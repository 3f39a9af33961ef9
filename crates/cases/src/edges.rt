// The refusals 8, 9 and 10 of the player, each beside what is just not refused, and that a refusal leaves the controls and all that is lent
// as they were. Floats are compared by their bits, NaNs as one, since no program here can tell their bits.
use super::{Kind, Lent, Record, Room, sheet_of};
use control::Controls;
use performance::Call;
use std::alloc::{AllocError, Global};
use std::io::Write;
use std::{fmt, io};

// ---- the voice

// A sine in a Mix, through a Delay, a Chorus and a Reverb, at the gain of a Rand. At 44,100 Hz the Reverb's lines are as long as Freeverb's
// tunings, the Delay's is an eighth of a second, and the Chorus's the 15 ms that it lies back, with room for two samples.
fn sheet(alloc: Global) -> Result<Vec<u8>, AllocError> {
    let records = [
        Record::new(Kind::Chain, 1, 0),
        Record::new(Kind::Mix, 2, 4),
        Record::new(Kind::Sine, 3, 0),
        Record::new(Kind::Const, 0, 0).with([220.0, 0.0, 0.0]),
        Record::new(Kind::Delay, 0, 5).with([0.125, 0.5, 0.0]),
        Record::new(Kind::Chorus, 0, 6).with([0.5, 0.0, 0.5]),
        Record::new(Kind::Reverb, 0, 7).with([0.5, 0.25, 0.0]),
        Record::new(Kind::Gain, 8, 0),
        Record::new(Kind::Rand, 0, 0).with([0.25, 0.75, 5.0]),
    ];
    sheet_of(44100, &records, alloc)
}

const DELAY: u64 = 5512;

const CHORUS: u64 = 663;

const REVERB: [u64; 10] = [1116, 1188, 1277, 1356, 1422, 1491, 556, 441, 341, 225];

// The Sine's phase, the lines, which are 9,413 for the Reverb with a store for each of its six combs, and the three of the Rand; a place for
// each line and the Rand's generator; a block for the Mix.
const NEEDED: Room = Room {
    cells: 1 + 5512 + 663 + 9413 + 6 + 3,
    registers: 1 + 1 + 10 + 1,
    scratch: 256,
};

// The last of the cells.
const PHASE: usize = 15597;

// ---- a call

// What came of a call, and the answer that it must get. Both are numbers, as document 01 has them and a list of calls answers: an enum would
// bring the port's own numbering of the reasons, which is among what is looked at.
#[derive(Clone, Copy)]
struct Seen {
    expected: u8,
    answer: u8,
    kept: bool,
}

impl Seen {
    fn is_right(self) -> bool {
        self.answer == self.expected && (self.answer == 0 || self.kept)
    }
}

impl fmt::Display for Seen {
    fn fmt<W: fmt::Write>(&self, f: &mut fmt::Formatter<W>) -> fmt::Result {
        write!(f, "{}", self.answer)?;
        if self.answer != self.expected {
            write!(f, " (must be {})", self.expected)?;
        }
        if self.answer != 0 && !self.kept {
            write!(f, " (not all as it was)")?;
        }
        Ok(())
    }
}

// Prints a line of what was seen, and says whether all of it is right.
fn say(output: &mut impl Write, name: &str, all: &[Seen]) -> io::Result<bool> {
    write!(output, "{name}:")?;
    for seen in all {
        write!(output, " {seen}")?;
    }
    writeln!(output)?;
    Ok(all.iter().all(|seen| (*seen).is_right()))
}

fn same_floats(xs: &[f32], ys: &[f32]) -> bool {
    xs.len() == ys.len() && xs.iter().zip(ys).all(|(x, y)| float::same(*x, *y))
}

fn same_controls(c: Controls, d: Controls) -> bool {
    c.position == d.position
        && float::same(c.pitch, d.pitch)
        && float::same(c.target, d.target)
        && float::same(c.glide, d.glide)
        && float::same(c.bend, d.bend)
}

impl Lent {
    fn copied(&self, alloc: Global) -> Result<Lent, AllocError> {
        Ok(Lent {
            out: self.out.as_slice().to_vec(alloc)?,
            cells: self.cells.as_slice().to_vec(alloc)?,
            registers: self.registers.as_slice().to_vec(alloc)?,
            scratch: self.scratch.as_slice().to_vec(alloc)?,
        })
    }

    fn is_same(&self, other: &Lent) -> bool {
        same_floats(self.out.as_slice(), other.out.as_slice())
            && same_floats(self.cells.as_slice(), other.cells.as_slice())
            && self.registers.as_slice() == other.registers.as_slice()
            && same_floats(self.scratch.as_slice(), other.scratch.as_slice())
    }
}

// Controls whose numbers all differ, with a zero that has a sign.
fn controls_at(position: u64) -> Controls {
    Controls {
        position,
        pitch: 1.25,
        target: 2.5,
        glide: 0.5,
        bend: -0.0,
    }
}

// A build hands back no controls where it is refused: its caller's stay.
fn build(sheet: &[u8], expected: u8, lent: &mut Lent, alloc: Global) -> Result<Seen, AllocError> {
    let before = lent.copied(alloc)?;
    let built = player::build(
        sheet,
        controls_at(7),
        lent.cells.as_mut_slice(),
        lent.registers.as_mut_slice(),
        lent.scratch.as_mut_slice(),
    );
    Ok(Seen {
        expected,
        answer: refusal::answer(built),
        kept: lent.is_same(&before),
    })
}

// A list of the one call, since it says which controls a call leaves that is refused. A fill has all of out.
fn call_once(
    sheet: &[u8],
    call: Call,
    c: Controls,
    expected: u8,
    lent: &mut Lent,
    alloc: Global,
) -> Result<Seen, AllocError> {
    let before = lent.copied(alloc)?;
    let mut answers = [0];
    let left = performance::play(
        sheet,
        &[call],
        c,
        &mut answers,
        lent.out.as_mut_slice(),
        lent.cells.as_mut_slice(),
        lent.registers.as_mut_slice(),
        lent.scratch.as_mut_slice(),
    );
    Ok(Seen {
        expected,
        answer: answers[0],
        kept: left.is_some_and(|d| same_controls(c, d)) && lent.is_same(&before),
    })
}

// ---- check 8; here and below the output, the sheet and the allocator are handed on beside each other, since a struct of them would be opened in
// each function

// Each call that makes it, on so much memory.
fn room(
    output: &mut impl Write,
    name: &str,
    sheet: &[u8],
    room: Room,
    expected: u8,
    alloc: Global,
) -> io::Result<bool> {
    let mut lent = Lent::new(room, 4, alloc)?;
    let c = controls_at(0);
    let all = [
        build(sheet, expected, &mut lent, alloc)?,
        call_once(sheet, Call::Cutoff(0.5), c, expected, &mut lent, alloc)?,
        call_once(sheet, Call::Fill(4), c, expected, &mut lent, alloc)?,
    ];
    say(output, name, &all)
}

fn rooms(output: &mut impl Write, sheet: &[u8], alloc: Global) -> io::Result<bool> {
    let cell_less = Room {
        cells: NEEDED.cells - 1,
        ..NEEDED
    };
    let register_less = Room {
        registers: NEEDED.registers - 1,
        ..NEEDED
    };
    let scratch_less = Room {
        scratch: NEEDED.scratch - 1,
        ..NEEDED
    };
    let tries = [
        ("Build, cutoff and fill on what is needed", NEEDED, 0),
        ("With a cell less", cell_less, 8),
        ("With a register less", register_less, 8),
        ("With one less of scratch", scratch_less, 8),
    ];
    let mut right = true;
    for (name, lent, expected) in tries {
        right &= room(output, name, sheet, lent, expected, alloc)?;
    }
    Ok(right)
}

// ---- checks 9 and 10

// What is set in the memory of a voice before its fill. It is none that was built: where the places and the phase are in range, any numbers
// are a voice's.
#[derive(Clone, Copy)]
enum Set {
    Nothing,
    Register(usize, u64),
    Cell(usize, f32),
}

impl Set {
    fn apply(self, lent: &mut Lent) {
        match self {
            Set::Nothing => {}
            Set::Register(i, place) => {
                if let Some(register) = lent.registers.get_mut(i) {
                    *register = place;
                }
            }
            Set::Cell(i, x) => {
                if let Some(cell) = lent.cells.get_mut(i) {
                    *cell = x;
                }
            }
        }
    }
}

// A fill of so many samples from the position on. A NaN and a zero with a sign stand in the Delay's line, which a copy by value might lose.
fn fill(
    sheet: &[u8],
    set: Set,
    position: u64,
    samples: usize,
    expected: u8,
    alloc: Global,
) -> Result<Seen, AllocError> {
    let mut lent = Lent::new(NEEDED, samples, alloc)?;
    Set::Cell(1, float::from_bits(0x7fc0_0000)).apply(&mut lent);
    Set::Cell(2, -0.0).apply(&mut lent);
    set.apply(&mut lent);
    let c = controls_at(position);
    call_once(sheet, Call::Fill(samples), c, expected, &mut lent, alloc)
}

// The place of a line one below its length, and at it.
fn place(
    sheet: &[u8],
    register: usize,
    length: u64,
    alloc: Global,
) -> Result<[Seen; 2], AllocError> {
    let below = Set::Register(register, length.saturating_sub(1));
    let at = Set::Register(register, length);
    Ok([
        fill(sheet, below, 0, 4, 0, alloc)?,
        fill(sheet, at, 0, 4, 9, alloc)?,
    ])
}

fn places(output: &mut impl Write, sheet: &[u8], alloc: Global) -> io::Result<bool> {
    let delay = place(sheet, 0, DELAY, alloc)?;
    let chorus = place(sheet, 1, CHORUS, alloc)?;
    let mut right = say(output, "The Delay's place at 5511 and 5512", &delay)?;
    right &= say(output, "The Chorus's place at 662 and 663", &chorus)?;
    let mut below = Vec::new(alloc);
    let mut at = Vec::new(alloc);
    for (line, length) in REVERB.iter().enumerate() {
        let [b, a] = place(sheet, 2 + line, *length, alloc)?;
        below.push(b)?;
        at.push(a)?;
    }
    right &= say(
        output,
        "Each of the Reverb's places one below its line's length",
        below.as_slice(),
    )?;
    right &= say(output, "Each at its line's length", at.as_slice())?;
    Ok(right)
}

fn phases(output: &mut impl Write, sheet: &[u8], alloc: Global) -> io::Result<bool> {
    let within = [-0.0, 0.0, float::from_bits(0x3f7f_ffff)];
    let without = [
        1.0,
        float::from_bits(0x7fc0_0000),
        float::from_bits(0x8000_0001),
    ];
    let mut all = Vec::new(alloc);
    for x in within {
        all.push(fill(sheet, Set::Cell(PHASE, x), 0, 4, 0, alloc)?)?;
    }
    for x in without {
        all.push(fill(sheet, Set::Cell(PHASE, x), 0, 4, 9, alloc)?)?;
    }
    say(
        output,
        "The Rand's phase at -0, 0, the last below 1, 1, NaN and the last below 0",
        all.as_slice(),
    )
}

// The answers of fills of 0, 1 and 2 samples.
fn position(
    output: &mut impl Write,
    name: &str,
    sheet: &[u8],
    position: u64,
    expected: [u8; 3],
    alloc: Global,
) -> io::Result<bool> {
    let [zero, one, two] = expected;
    let all = [
        fill(sheet, Set::Nothing, position, 0, zero, alloc)?,
        fill(sheet, Set::Nothing, position, 1, one, alloc)?,
        fill(sheet, Set::Nothing, position, 2, two, alloc)?,
    ];
    say(output, name, &all)
}

fn positions(output: &mut impl Write, sheet: &[u8], alloc: Global) -> io::Result<bool> {
    let last = 1u64 << 62;
    let name = "Position 2^62 - 1 with lengths 0, 1 and 2";
    let mut right = position(output, name, sheet, last - 1, [0, 0, 10], alloc)?;
    let name = "Position 2^62 with lengths 0, 1 and 2";
    right &= position(output, name, sheet, last, [0, 10, 10], alloc)?;
    let name = "Position 2^62 + 1 with lengths 0, 1 and 2";
    right &= position(output, name, sheet, last + 1, [9, 9, 9], alloc)?;
    Ok(right)
}

// Where several apply the lowest is answered.
fn lowest(output: &mut impl Write, sheet: &[u8], alloc: Global) -> io::Result<bool> {
    let last = 1u64 << 62;
    let short = Room {
        cells: NEEDED.cells - 1,
        ..NEEDED
    };
    let mut lent = Lent::new(short, 1, alloc)?;
    let c = controls_at(last + 1);
    let all = [
        call_once(sheet, Call::Fill(1), c, 8, &mut lent, alloc)?,
        fill(sheet, Set::Register(0, DELAY), last, 1, 9, alloc)?,
    ];
    say(output, "8 before 9, and 9 before 10", &all)
}

fn needs(output: &mut impl Write, sheet: &[u8]) -> io::Result<bool> {
    let Ok(needed) = player::needs(sheet) else {
        writeln!(output, "The voice is refused")?;
        return Ok(false);
    };
    writeln!(
        output,
        "The voice needs {} cells, {} registers and {} scratch",
        needed.cells, needed.registers, needed.scratch
    )?;
    Ok(
        needed.cells == NEEDED.cells as u64
            && needed.registers == NEEDED.registers as u64
            && needed.scratch == NEEDED.scratch as u64,
    )
}

// Prints a line for each group, and says whether all answers are right.
pub(crate) fn run(output: &mut impl Write, alloc: Global) -> io::Result<bool> {
    let bytes = sheet(alloc)?;
    let sheet = bytes.as_slice();
    let right = [
        needs(output, sheet)?,
        rooms(output, sheet, alloc)?,
        places(output, sheet, alloc)?,
        phases(output, sheet, alloc)?,
        positions(output, sheet, alloc)?,
        lowest(output, sheet, alloc)?,
    ];
    Ok(right.iter().all(|r| *r))
}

________________________________________

Count every line in the records that holds "whether" and give that count by itself.

2